# webcam kauf aber welche



## nouser (29. August 2002)

moin moin

ich wollt mir mal ne webcam zulegen allerdings welche weiss ich noch nicht!

könnt ihr mir nen paar produkte empfehlen oder tips geben was eine webcam alles können muss bzw. welche ausstattung dabei sein sollte?


----------



## wowbi (1. September 2002)

das kommt (wie bei fast allem was es gibt) darauf an was du genau damit machen willst. 
Willst du nur ein paar Bilder von dir vorm PC übertragen?
nimm ne Logitech Quick Cam Express mit 800*600
Willst du hochwertige Sachen wie Live Streams und Video Konferenzen machen ... nimm auf jeden Fall ne cam mit mind. 1024*768 pixxl ... 
die sind zwar teurer, aber das geld sind sie wert.
Ach so: marke: Logitech. alles andere is meiner ansicht nach schund, weil die verarbeitung oder der support nix is.

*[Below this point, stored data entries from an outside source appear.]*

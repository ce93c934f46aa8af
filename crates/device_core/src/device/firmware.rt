//! Firmware management on the device (TS006-1.0.0).

ghost use Rattle.std.specs.Prelude.{◌≡◌, ◌+◌, ◌%◌, ◌^◌, ◌<◌, ◌≤◌, length, Option, None};
ghost use Rattle.package_grammar.specs.declared.command.Command.{Command};
ghost use Rattle.image_slots.specs.Slots.{after_swap};
ghost use Rattle.sync_wire.specs.declared.cmd.Cmd.TheVariants.{DevVersionAns, DevRebootTimeAns, DevRebootCountdownAns, DevDeleteImageAns};
ghost use Rattle.device_core.specs.Firmware.{version_step, upgrade_answer, upgrade_step, delete_image_step, chosen_moment, reboot_time_step, countdown_step, is_due, after_due_reboot};
ghost use Rattle.device_core.specs.Sendable.{IsSendable};

use super::Device;
use crate::arrival::Arrival;
use flash_session::Flash;
use image_slots::ImageState;
use package_grammar::Command;
use sync_wire::Cmd;

impl<F: Flash + Drop> Device<F> {
    ghost use Rattle.device_core.specs.HeldDevice.{Becomes, GoesAside, StepsAside};

    /// DevVersionReq.
    pub(super) fn version(&mut self, here: Arrival)
        requires port { here.port ≡ 203 }
        requires room { length self.old.outbox < 8 }
        ensures { StepsAside self.old self.new 1 (λ device. version_step here device) }
    {
        let answer = version_answer(self.slots.running().0, self.config.hw);
        self.send(here.moment.t, here.port, answer);
    }

    /// DevUpgradeImageReq.
    pub(super) fn upgrade(&mut self, here: Arrival)
        requires port { here.port ≡ 203 }
        requires room { length self.old.outbox < 8 }
        ensures { StepsAside self.old self.new 1 (λ device. upgrade_step here device) }
    {
        let answer = upgrade_answer(self.slots.next());
        self.send(here.moment.t, here.port, answer);
    }

    /// DevDeleteImageReq.
    #[tactic(auto, using(crate::proofs::SavedSlots::delete_keeps_formats))]
    pub(super) fn delete_image(&mut self, here: Arrival, version: u32)
        requires port { here.port ≡ 203 }
        requires room { length self.old.outbox < 8 }
        ensures { StepsAside self.old self.new 1 (λ device. delete_image_step here device version) }
    {
        let bits = self.slots.delete(version);
        self.send(here.moment.t, here.port, delete_answer(bits));
    }

    /// DevRebootTimeReq.
    pub(super) fn reboot_time(&mut self, here: Arrival, time: u32)
        requires port { here.port ≡ 203 }
        requires room { length self.old.outbox < 8 }
        ensures { StepsAside self.old self.new 1 (λ device. reboot_time_step here device time) }
    {
        self.reboot = chosen_moment(time, u32::MAX, self.clock.now(here.moment.t), time);
        self.send(here.moment.t, here.port, time_answer(time));
    }

    /// DevRebootCountdownReq.
    pub(super) fn countdown(&mut self, here: Arrival, count: u32)
        requires port { here.port ≡ 203 }
        requires fits { count < 2 ^ 24 }
        requires room { length self.old.outbox < 8 }
        ensures { StepsAside self.old self.new 1 (λ device. countdown_step here device count) }
    {
        let now = self.clock.now(here.moment.t);
        self.reboot = chosen_moment(count, (1 << 24) - 1, now, now.wrapping_add(count));
        self.send(here.moment.t, here.port, countdown_answer(count));
    }

    /// Carries out a reboot that is due.
    #[tactic(auto, unfolding(crate::specs::Firmware::after_due_reboot))]
    pub(super) fn reboot_where_due(&mut self, t: u64)
        ensures becomes { Becomes self.old self.new (after_due_reboot t) }
        ensures aside { GoesAside self.old self.new (after_due_reboot t) }
    {
        if is_due(self.clock.now(t), self.reboot) {
            self.reboot_now();
        }
    }

    /// Carries out a reboot.
    #[tactic(auto, using(crate::proofs::SavedSlots::swap_keeps_formats))]
    fn reboot_now(&mut self)
        ensures { self.new
            ≡ record self.old { reboot = None; slots = after_swap self.old.slots } }
    {
        self.reboot = None;
        self.slots.swap();
    }
}

/// DevVersionAns.
fn version_answer(firmware: u32, hardware: u32) -> Command<'static>
    ensures value { result ≡ Command.Sync (DevVersionAns firmware hardware) }
    ensures sendable { IsSendable 203 result }
{
    Command::Sync(Cmd::DevVersionAns { firmware, hardware })
}

/// DevUpgradeImageAns.
fn upgrade_answer(next: ImageState) -> Command<'static>
    ensures value { result ≡ Command.Sync (upgrade_answer next) }
    ensures sendable { IsSendable 203 result }
{
    let (status, next) = match next {
        ImageState::None => (0, None),
        ImageState::Corrupt => (1, None),
        ImageState::Incompatible => (2, None),
        ImageState::Valid(version) => (3, Some(version)),
    };
    Command::Sync(Cmd::DevUpgradeImageAns { status, next })
}

/// DevDeleteImageAns.
fn delete_answer(errors: u8) -> Command<'static>
    requires { errors < 4 }
    ensures value { result ≡ Command.Sync (DevDeleteImageAns errors) }
    ensures sendable { IsSendable 203 result }
{
    Command::Sync(Cmd::DevDeleteImageAns { errors })
}

/// DevRebootTimeAns.
fn time_answer(time: u32) -> Command<'static>
    ensures value { result ≡ Command.Sync (DevRebootTimeAns time) }
    ensures sendable { IsSendable 203 result }
{
    Command::Sync(Cmd::DevRebootTimeAns { time })
}

/// DevRebootCountdownAns.
fn countdown_answer(count: u32) -> Command<'static>
    requires { count < 2 ^ 24 }
    ensures value { result ≡ Command.Sync (DevRebootCountdownAns count) }
    ensures sendable { IsSendable 203 result }
{
    Command::Sync(Cmd::DevRebootCountdownAns { count })
}

/// The moment of a reboot: 0 is now, all ones is none.
fn chosen_moment(number: u32, ones: u32, now: u32, moment: u32) -> Option<u32>
    ensures { result ≡ chosen_moment number ones now moment }
{
    if number == 0 {
        Some(now)
    } else if number == ones {
        None
    } else {
        Some(moment)
    }
}

/// Whether a reboot is due at seconds of the device's clock.
fn is_due(now: u32, reboot: Option<u32>) -> bool
    ensures { result ≡ is_due now reboot }
{
    match reboot {
        None => false,
        Some(moment) => now.wrapping_sub(moment) < 1 << 31,
    }
}
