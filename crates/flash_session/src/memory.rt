//! A flash in memory that can fail and be stopped.

ghost use Rattle.std.specs.Prelude.{◌≡◌, ◌^◌, ◌<◌, ◌≤◌, [], length, replicate, IfOk, vec_len, vec_capacity};

use crate::flash::{Failed, Flash};
use crate::log::{Step, note_sync, put_all, put_zeros};
use crate::schedule::Schedule;
use std::alloc::{AllocError, Global};
use std::marker::Model;

/// Bytes in memory with a log of what was done to them. A call fails exactly where its number is listed, or the log has no room
/// for it: each byte that is written takes one step of the log, and so does a sync.
#[derive(Drop)]
pub struct MemFlash {
    pub(crate) bytes: Vec<u8>,
    pub(crate) log: Vec<Step>,
    room: usize,
    schedule: Schedule,
    ghost small: { length bytes.items < 2 ^ 32 },
    ghost within: { vec_len log ≤ room },
    ghost reserved: { room ≤ vec_capacity log },
}

impl Model for MemFlash {
    ghost use Rattle.std.specs.Prelude.{length};
    ghost use Rattle.flash_session.specs.Flashes.{Memory};

    ghost Value = { Memory };

    ghost view = { λ f. record {
      bytes = f.bytes.items;
      log = f.log.items;
      calls = record {
        room = f.room;
        taken = length f.log.items;
        fails = f.schedule.fails.items;
        made = f.schedule.calls;
      };
      faults = f.schedule.faults;
      small = f.small;
    } };
}

impl MemFlash {
    /// Takes the memory of so many bytes, all 0, with room for so many steps; `fails` has the numbers of the calls that fail,
    /// from 1 on.
    pub fn reserve(alloc: Global, size: u32, room: u32, fails: Vec<u64>) -> Result<Self, AllocError>
        ensures bytes { IfOk result (λ f. f.bytes ≡ replicate size 0) }
        ensures log { IfOk result (λ f. f.log ≡ []) }
        ensures calls { IfOk result
            (λ f. f.calls ≡ record { room = room; taken = 0; fails = fails.items; made = 0 }) }
        ensures faults { IfOk result (λ f. f.faults ≡ 0) }
    {
        let bytes = vec![in alloc; 0u8; size as usize]?;
        let log = Vec::with_capacity(alloc, room as usize)?;
        Ok(MemFlash {
            bytes,
            log,
            room: room as usize,
            schedule: Schedule::new(fails),
        })
    }
}

impl Flash for MemFlash {
    ghost use Rattle.flash_session.specs.Flashes.{IsCounted};
    ghost use Rattle.flash_session.specs.Log.{seen_in};

    ghost seen = { λ f. seen_in f.log f.bytes f.faults };

    ghost tells = { λ old new. IsCounted old.calls new.calls };

    ghost small = { λ f. f.small };

    fn size(&self) -> u32 {
        self.bytes.len() as u32
    }

    fn read(&mut self, at: u32, buf: &mut [u8]) -> Result<(), Failed> {
        if self.schedule.fails_now(false) {
            return Err(Failed);
        }
        let at = at as usize;
        let len = buf.len();
        buf.copy_from_slice(&self.bytes[at..at + len]);
        Ok(())
    }

    fn write(&mut self, at: u32, piece: &[u8]) -> Result<(), Failed> {
        let full = self.room - self.log.len() < piece.len();
        if self.schedule.fails_now(full) {
            return Err(Failed);
        }
        put_all(&mut self.bytes, &mut self.log, at as usize, piece);
        Ok(())
    }

    fn fill(&mut self, at: u32, n: u32) -> Result<(), Failed> {
        let full = self.room - self.log.len() < n as usize;
        if self.schedule.fails_now(full) {
            return Err(Failed);
        }
        put_zeros(&mut self.bytes, &mut self.log, at as usize, n as usize);
        Ok(())
    }

    fn sync(&mut self) -> Result<(), Failed> {
        let full = self.room - self.log.len() < 1;
        if self.schedule.fails_now(full) {
            return Err(Failed);
        }
        note_sync(&mut self.log);
        Ok(())
    }
}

Terratec geht auch noch. aber das wars dann auch schon.
der Preis:
Quick cam express: ~50 €
Quick cam Pro: ~ 150 €
Professional Cam: ~250 €
unter 50 € würd ich mir nix kaufen, weil die dann irgendwo an der ausstattung sparen....

Viel Spass mit der Cam ... 
ich hoffe dir geholfen zu haben

Florian 
aka wowbi


----------